In an earlier blog, we started a discussion on strategies that should be in place for pediatric patients in hospitals. The survey included 14 error-prevention strategies encompassing the dispensing process. It is within this category that both the highest and lowest scoring error-prevention strategies were found.

For half of the strategies, at least 87% of respondents reported that they always (>99%) or almost always (90%-99%):

1)     use automated compounding devices to prepare PN/complex electrolyte solutions;

2)     enter PN/electrolyte solution orders into the pharmacy system and compounding software exactly as each ingredient is prescribed without needing unit conversions;

3)     enter/verify the patient’s weight in the pharmacy computer system before entering medication orders;

4)     verify the mg/kg or mg/m2 dose (or other basis for the dose) before preparing the medication;

5)     recalculate the patient’s dose before dispensing medications; and

6)     dispense patient-specific doses of liquid oral/enteral medications in cups or oral syringes.
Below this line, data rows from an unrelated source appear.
//! `packet POLICY FILE PACKETS K [--steps N]`: shows the run on a packet step by step.

ghost use Rattle.std.specs.Prelude.{◌≡◌, ◌≤◌, length, slice_get, option_map, IfSome};
ghost use Rattle.packet_store.specs.declared.reader.TheConstants.{MAX_PACKET};
ghost use Rattle.pcc_words.specs.Commands.{word_view};
ghost use Rattle.pcc_stages.specs.Stage.{gives};
ghost use Rattle.pcc_stages.specs.Answers.{Gives, GivesPure};
ghost use Rattle.view_cli.specs.Commands.Packet.{traced_exit, packet_exit, packet_command};
ghost use Rattle.view_cli.specs.Reports.{exit_of_report};

use crate::PacketArgs;
use crate::report::Report;
use crate::trace_job::TraceJob;
use alpha_cfg::Code;
use file_port::Files;
use packet_store::PacketFile;
use pcc_stages::{Stop, code_of, packets_of, policy_told};
use policy_set::Policy;
use std::alloc::Global;
use view_trace::Tracer;

/// The packet of a number, if there is one.
fn packet_at(packets: &PacketFile, number: u64) -> Option<&[u8]>
    ensures exact { option_map (λ p. p.now) result ≡ slice_get packets.now number }
    ensures short { IfSome result (λ p. length p.now ≤ MAX_PACKET) }
{
    let mut left = packets.packets();
    let mut ahead = number;
    while let Some(packet) = left.next() {
        if ahead == 0 {
            return Some(packet);
        }
        ahead -= 1;
    }
    None
}

/// The run on the packet of a number, if there is one. All memory that it needs is reserved.
fn traced<'a>(
    alloc: Global,
    policy: Policy,
    code: Code,
    steps: u64,
    number: u64,
    packets: &PacketFile,
) -> Result<Report, Stop<'a>>
    ensures { GivesPure exit_of_report
        (gives (traced_exit policy code steps number (slice_get packets.now number))) result }
{
    let Some(packet) = packet_at(packets, number) else {
        return Ok(Report::NoPacket(number));
    };
    let Ok(packet) = Vec::from_slice(alloc, packet) else {
        return Err(Stop::Memory);
    };
    match Tracer::new(alloc, policy, code, steps) {
        Ok(tracer) => Ok(Report::Traced(TraceJob {
            tracer,
            number,
            packet,
        })),
        Err(_) => Err(Stop::Memory),
    }
}

/// The run on the packet of a number, if the policy has a start.
fn started<'a>(
    alloc: Global,
    policy: Policy,
    code: Code,
    steps: u64,
    number: u64,
    packets: &PacketFile,
) -> Result<Report, Stop<'a>>
    ensures { GivesPure exit_of_report
        (gives (packet_exit policy code steps number (slice_get packets.now number))) result }
{
    match policy.kind() {
        None => Ok(Report::NoStart),
        Some(_) => traced(alloc, policy, code, steps, number, packets),
    }
}

/// Reads the container and the packets, and reserves all memory that the run needs.
pub fn packet_command<'a, F: Files>(
    alloc: Global,
    args: PacketArgs<'a>,
    files: &mut F,
) -> Result<Report, Stop<'a>>
    ensures { let a = args.entry in Gives exit_of_report
        (packet_command (word_view a.policy) a.file.now a.packets.now a.number a.steps)
        (F.log files.old) (F.log files.new) (F.state files.old) (F.state files.new) result }
{
    let policy = policy_told(alloc, args.policy, files)?;
    let code = code_of(alloc, &policy, args.file, files)?;
    let packets = packets_of(alloc, args.packets, files)?;
    started(alloc, policy, code, args.steps, args.number, &packets)
}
Yet, full compliance with these strategies ranged between 63%-77%, leaving serious gaps in practice and room for improvement even with the highest scoring dispensing strategies.
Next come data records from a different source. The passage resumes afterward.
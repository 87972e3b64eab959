//! `goals POLICY FILE [SOURCE] [--only-missing] [--all]`: shows the verification condition of a
//! container, goal by goal.

ghost use Rattle.std.specs.Prelude.{◌≡◌, option_map};
ghost use Rattle.pcc_words.specs.Commands.{word_view};
ghost use Rattle.pcc_stages.specs.Answers.{Gives, GivesPure};
ghost use Rattle.proof_container.specs.Decoding.{decoded_container};
ghost use Rattle.view_goal_text.specs.Listing.{goals_of_bytes};
ghost use Rattle.view_goal_text.specs.Styles.{style_view};
ghost use Rattle.view_cli.specs.Commands.Goals.{goals_found, beside_read, goals_styled};
ghost use Rattle.view_cli.specs.Commands.Goals.{goals_command};
ghost use Rattle.view_cli.specs.Inside.Founds.{beside_source};
ghost use Rattle.view_cli.specs.Reports.{exit_of_report};

use crate::GoalsArgs;
use crate::commands::list::{Found, found_in, source_of};
use crate::report::Report;
use file_port::Files;
use pcc_stages::{RefusedLine, Stop, container_bytes_of, policy_told};
use policy_set::Policy;
use std::alloc::Global;
use view_goal_text::{GoalsFault, Style, list_goals};
use view_source_faults::SourceCode;

/// The goals of the container's condition under the policy, in a style.
fn goals_in<'a>(
    alloc: Global,
    policy: &Policy,
    bytes: &[u8],
    style: &Style,
) -> Result<Report, Stop<'a>>
    ensures { let s = style_view style.now in
        GivesPure exit_of_report (goals_found (goals_of_bytes s policy.now bytes.now)) result }
{
    match list_goals(alloc, policy, bytes, style) {
        Ok(text) => Ok(Report::Text(text)),
        Err(GoalsFault::Refused(refusal)) => Err(Stop::Refused(RefusedLine::Container(refusal))),
        Err(GoalsFault::Memory | GoalsFault::Results) => Err(Stop::Memory),
    }
}

/// The source in the file with this name, for the container that the bytes are; none if no name is
/// given, or if the bytes are no container.
fn beside_read<'a, F: Files>(
    alloc: Global,
    bytes: &[u8],
    source: Option<&'a str>,
    files: &mut F,
) -> Result<Option<SourceCode>, Stop<'a>>
    ensures { Gives beside_source
        (beside_read (option_map (λ n. n.now) source.entry) (decoded_container bytes.now))
        (F.log files.old) (F.log files.new) (F.state files.old) (F.state files.new) result }
{
    match found_in(alloc, bytes) {
        Ok(Found::Container(version, bound)) => source_of(alloc, version, bound, source, files),
        Ok(Found::Not(_, _)) => Ok(None),
        Err(_) => Err(Stop::Memory),
    }
}

/// The lines of the source, or none if there is no source.
fn lines_of(alloc: Global, source: Option<SourceCode>) -> Vec<u32>
    ensures { result.items ≡ (beside_source source).lines }
{
    match source {
        None => Vec::new(alloc),
        Some(source) => {
            let SourceCode { lines, code } = source;
            drop(code);
            lines
        }
    }
}

/// The goals that the arguments ask for, as the lines of the source and the flags say.
fn goals_styled<'a>(
    alloc: Global,
    policy: &Policy,
    bytes: &[u8],
    args: GoalsArgs<'a>,
    source: Option<SourceCode>,
) -> Result<Report, Stop<'a>>
    ensures { let a = args.entry in
        GivesPure exit_of_report
        (goals_styled a.only_missing a.all policy.now bytes.now (beside_source source)) result }
{
    let lines = lines_of(alloc, source);
    let style = Style {
        lines,
        only_missing: args.only_missing,
        all: args.all,
    };
    goals_in(alloc, policy, bytes, &style)
}

/// Finds the policy, which may be in a file, reads the container, and the source if it is given, and
/// lists the goals.
pub fn goals_command<'a, F: Files>(
    alloc: Global,
    args: GoalsArgs<'a>,
    files: &mut F,
) -> Result<Report, Stop<'a>>
    ensures { let a = args.entry in
        Gives exit_of_report
        (goals_command (word_view a.policy) a.file.now (option_map (λ n. n.now) a.source)
        a.only_missing a.all)
        (F.log files.old) (F.log files.new) (F.state files.old) (F.state files.new) result }
{
    let policy = policy_told(alloc, args.policy, files)?;
    let bytes = container_bytes_of(alloc, args.file, files)?;
    let source = beside_read(alloc, &bytes, args.source, files)?;
    goals_styled(alloc, &policy, &bytes, args, source)
}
For the two lowest scoring strategies, less than one-quarter of respondents reported full compliance. These low-scoring strategies were associated with having a clinical pharmacist present on patient care units, and having pharmacists who prepare parenteral solutions spend time in neonatal and pediatric units to observe prescribing and administration procedures. About one-quarter of respondents told us that these two strategies are never implemented in their practice areas. Pharmacists who spend time in clinical areas may have a better understanding of how physicians and nurses prescribe and administer medications, and may subsequently dispense medications in a ready-to-administer form, reducing manipulation of the drug on the unit and the risk of contamination or an error.    

For the next two lowest scoring strategies, only about half of respondents reported implementation at least 90% of the time, and only 40%-41% reported full compliance. These strategies included: 1) requiring a pharmacist to verify components of pediatric and neonatal compounded sterile preparations prior to adding to an admixture (syringe pull-back method not acceptable); and 2) employing barcode verification of ingredients during preparation of IV and oral liquid doses. Deficiencies in these pharmacy practices make it nearly impossible to detect a drug preparation and selection error because the applied label may still list the correct prescribed ingredient(s). Numerous harmful and fatal pediatric events have been reported to the Institute for Safe Medication Practices over the years, each with similar practice deficiencies.  

Similar to dose range checking capabilities with CPOE systems, only 57% of respondents said their pharmacy system consistently provided alerts about potentially incorrect doses; 7% reported that dose range checking was never available and/or enabled with their pharmacy systems. It is also concerning that all pharmacists/technicians who prepare pediatric parenteral solutions have not undergone specialized training and demonstrated competencies. Surprisingly, 10% of respondents reported that such training and competency validation never occurs, and another 6% indicated that it rarely takes place.

Does your organization employ any of the above strategies geared towards the dispensing of medications for the pediatric patients in your organization?


Matthew Grissinger, RPh, FISMP, FASCP, is the Director of Error Reporting Programs at the Institute for Safe Medication Practices.